The given error is because it was going to start a merge step, and there is already an ongoing merge step.
As mentioned above, it wasn't a Merge step. It was Load. I also included some context before the exception, it happened just after Transform before Load.
There is a typo in the error message. It should say:
It doesn't seem so.

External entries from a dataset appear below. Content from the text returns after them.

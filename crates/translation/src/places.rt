// Symbols that stay: their numbers, the places of a right side, and how many new symbols all rules need.
ghost use Rattle.std.specs.Prelude.{◌≡◌, ◌-◌, ◌*◌, ◌≤◌, length as length_of};
ghost use Rattle.written.specs.Form as form;
ghost use Rattle.written.specs.Translation as translation;
ghost use Rattle.translation.specs.inner.Marks.{most_symbols, marked};

use crate::form::LONGEST;
use crate::marks::Marks;
use crate::rules::{Written, WrittenRule};

// The number of symbol `x`: how many below it stay.
pub fn number(keep: &Marks, x: usize) -> usize
    requires { x ≤ most_symbols }
    ensures { (result ≡ translation.number (marked keep.now) x) × (result ≤ x) }
{
    keep[..x].iter().filter(|stays| **stays).count()
}

// Room for the places of a right side.
pub type Places = [u16; LONGEST];

// The places of a rule, in their order.
pub fn places<'a>(rule: &WrittenRule<'_>, keep: &Marks, room: &'a mut Places) -> &'a [u16]
    ensures { (result.now ≡ translation.places (marked keep.now) rule.now.right) × (length_of result.now ≤ form.longest) }
{
    let mut k = 0;
    for x in rule.right() {
        if keep[x as usize] {
            room[k] = x;
            k += 1;
        }
    }
    &room[..k]
}

// How many new symbols all rules need.
pub fn count_new(written: &Written<'_>, keep: &Marks) -> usize
    ensures { (result ≡ translation.all_new (marked keep.now) (form.written_of written.now).rules) × (result ≤ form.longest * 65535) }
{
    let mut room = [0; LONGEST];
    let mut total = 0;
    for rule in written.rules() {
        total += places(&rule, keep, &mut room).len().saturating_sub(2);
    }
    total
}
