// The bytes of the file.
ghost use Rattle.std.specs.Prelude.{◌≡◌, ◌∷◌, ◌++◌, ◌+◌, ◌-◌, ◌*◌, ◌≤◌, ◌<◌, length as length_of, set};
ghost use Rattle.std.proofs.lemmas.List.Edits.{sets};
ghost use Rattle.laws.specs.Records.{flat};
ghost use Rattle.grammar.specs.Accepted.{max_symbols, max_rules};
ghost use Rattle.grammar.specs.File.{header_bytes, rule_bytes};
ghost use Rattle.grammar.specs.inner.Decoded.{rules_of as listed};
ghost use Rattle.written.specs.Split as spec;
ghost use Rattle.written.specs.Order.{ordered};
ghost use Rattle.written.specs.Translation.{rules_of, blocks, up_from};
ghost use Rattle.written.specs.Bytes.{u16_bytes, u32_bytes, bytes_of_rule, bytes_of};
ghost use Rattle.translation.specs.inner.Sides.{level_of};
ghost use Rattle.translation.specs.inner.Puts.{Puts};

use crate::marks::mark_within;
use crate::sides::{Sides, is_marked, keep_named, named_by};
use grammar::file::{HEADER, RULE, VERSION};
use grammar::limits::SYMBOLS;
use grammar::rules::Rules;

// A number in two bytes, the high one first.
fn put_u16(file: &mut [u8], at: usize, n: usize)
    requires { (at + 2 ≤ length_of file.old) × (n < 65536) }
    ensures { file.new ≡ sets file.old at (u16_bytes n) }
{
    file[at..at + 2].copy_from_slice(&(n as u16).to_be_bytes());
}

// One in four.
fn put_u32(file: &mut [u8], at: usize, n: usize)
    requires { (at + 4 ≤ length_of file.old) × (n < 4294967296) }
    ensures { file.new ≡ sets file.old at (u32_bytes n) }
{
    file[at..at + 4].copy_from_slice(&(n as u32).to_be_bytes());
}

// A rule in six. Three numbers, as in list.rt.
fn put_rule(file: &mut [u8], at: usize, a: usize, b: usize, c: usize)
    requires { (at + rule_bytes ≤ length_of file.old) × (a < 65536) × (b < 65536) × (c < 65536) }
    ensures { file.new ≡ sets file.old at (bytes_of_rule (spec.rule a b c)) }
{
    put_u16(file, at, a);
    put_u16(file, at + 2, b);
    put_u16(file, at + 4, c);
}

// The rules of one left side, in the order of the list. The place behind them is the answer: a struct of the lent bytes and a place would
// serve this function and the next alone.
fn put_rules_of(file: &mut [u8], at: usize, rules: &Rules, a: usize) -> usize
    requires { (rules.now.count ≤ max_rules)
        × (at + length_of (flat bytes_of_rule (rules_of (listed rules.now) a)) ≤ length_of file.old) }
    ensures { Puts file.old at (flat bytes_of_rule (rules_of (listed rules.now) a)) file.new result }
{
    let mut here = at;
    for r in 0..rules.count {
        if rules.left(r) == a {
            put_rule(file, here, a, rules.first(r), rules.second(r));
            here += RULE;
        }
    }
    here
}

// A level: the rules of the left sides that are left and that no rule names. The place behind them.
fn put_level(
    file: &mut [u8],
    at: usize,
    rules: &Rules,
    left: &Sides,
    named: &Sides,
    from: usize,
    to: usize,
) -> usize
    requires { (rules.now.count ≤ max_rules)
        × (at + length_of (flat bytes_of_rule (blocks (listed rules.now) (level_of left.now named.now from to))) ≤ length_of file.old) }
    ensures { Puts file.old at
        (flat bytes_of_rule (blocks (listed rules.now) (level_of left.now named.now from to))) file.new result }
{
    let mut here = at;
    for a in from..to {
        if is_marked(left, a) && !is_marked(named, a) {
            here = put_rules_of(file, here, rules, a);
        }
    }
    here
}

// The rules of the left sides from `from` up to `to`, level after level.
fn put_levels(file: &mut [u8], at: usize, rules: &Rules, from: usize, to: usize)
    requires { (rules.now.count ≤ max_rules) × (from ≤ to) × (to ≤ max_symbols)
        × (at + length_of
        (flat bytes_of_rule (blocks (listed rules.now) (ordered (to - from) (listed rules.now) (up_from from (to - from)))))
        ≤ length_of file.old) }
    ensures { file.new ≡ sets file.old at
        (flat bytes_of_rule (blocks (listed rules.now) (ordered (to - from) (listed rules.now) (up_from from (to - from))))) }
{
    let mut left = [false; SYMBOLS];
    mark_within(&mut left, from, to);
    let mut here = at;
    for _round in from..to {
        let named = named_by(rules, &left);
        here = put_level(file, here, rules, &left, &named, from, to);
        keep_named(&mut left, &named);
    }
}

// The version.
fn put_version(file: &mut [u8])
    requires { header_bytes ≤ length_of file.old }
    ensures { file.new ≡ set file.old 0 1 }
{
    file[0] = VERSION as u8;
}

// Version, L, N, T, R.
fn put_header(file: &mut [u8], symbols: usize, tokens: usize, count: usize)
    requires { (header_bytes ≤ length_of file.old) × (symbols < 65536) × (tokens < 65536) × (count < 65536) }
    ensures { file.new ≡ sets file.old 0
        (1 ∷ (u32_bytes (header_bytes + rule_bytes * count) ++ (u16_bytes symbols ++ (u16_bytes tokens ++ u16_bytes count)))) }
{
    put_version(file);
    put_u32(file, 1, HEADER + RULE * count);
    put_u16(file, 5, symbols);
    put_u16(file, 7, tokens);
    put_u16(file, 9, count);
}

// The whole file: rule 0 is W ::= S end, and behind it stand the `count` rules of the list.
pub fn write(file: &mut [u8], rules: &Rules, tokens: usize, start: usize, wrapper: usize)
    requires { (rules.now.count < max_rules) × (tokens ≤ wrapper) × (wrapper + 2 ≤ max_symbols) × (start < 65536)
        × (header_bytes + rule_bytes * (rules.now.count + 1) ≤ length_of file.old)
        × (length_of (blocks (listed rules.now) (ordered (wrapper - tokens) (listed rules.now) (up_from tokens (wrapper - tokens))))
        ≡ rules.now.count) }
    ensures { file.new ≡ sets file.old 0 (bytes_of (record {
      symbols = wrapper + 2;
      tokens = tokens;
      rules = spec.rule wrapper start (wrapper + 1)
          ∷ blocks (listed rules.now) (ordered (wrapper - tokens) (listed rules.now) (up_from tokens (wrapper - tokens)));
    })) }
{
    put_header(file, wrapper + 2, tokens, rules.count + 1);
    put_rule(file, HEADER, wrapper, start, wrapper + 1);
    put_levels(file, HEADER + RULE, rules, tokens, wrapper);
}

It was Load (not Merge).
Then, in a separated execution, execute only the third step with --load -Dhadoop.load.archive=false -Dhadoop.load.variant=true
Does it process all variants from archive table at once for all the files previously loaded ? I.e. does it need to be run only once regardless how many files were loaded ?
-Dhadoop.load.archive=false -Dhadoop.load.variant=true
I developed this system for the BRIDGE project (10,000 samples) and would not use these options for the process. My configuration looks like this in the study-configuration.yml
hadoop.load.archive.batch.size: 3
(controls # of samples to load into ARCHIVE in parallel)
hadoop.load.variant.batch.size: 500
(controls # of samples to merge in ONE mapreduce job)
opencga.storage.hadoop.hbase.merge.archive.scan.batchsize: 500
(controls the batch size searching through already merged variants)
I e.g. 'register' 500 converted (single sample gVCF) files - that are: gvcf, json and proto (in that order)
opencga.sh files link -s $study --path 10_input -i $files
(1x for each file type)
followed by:
opencga.sh variant index --file 10_input --outdir 30_load --load
index
command with the above configuration takes care of
all in one go. This process is incremental and only scans the already loaded files, if there are missing information.
The available memory for mapreduce containers can be controlled with the options below. In short: More memory -> less running containers -> takes longer to finish.
e.g.
mapreduce.map.memory.mb: 2500
opencga.variant.table.mapreduce.map.java.opts: -Xmx2048m,-XX:+UseG1GC
Hint: use -XX:+UseG1GC also for the HBase region servers - works much better.
Is it designed to load concurrently to HBase from the same host ? All loading processes but one fail when running concurrently.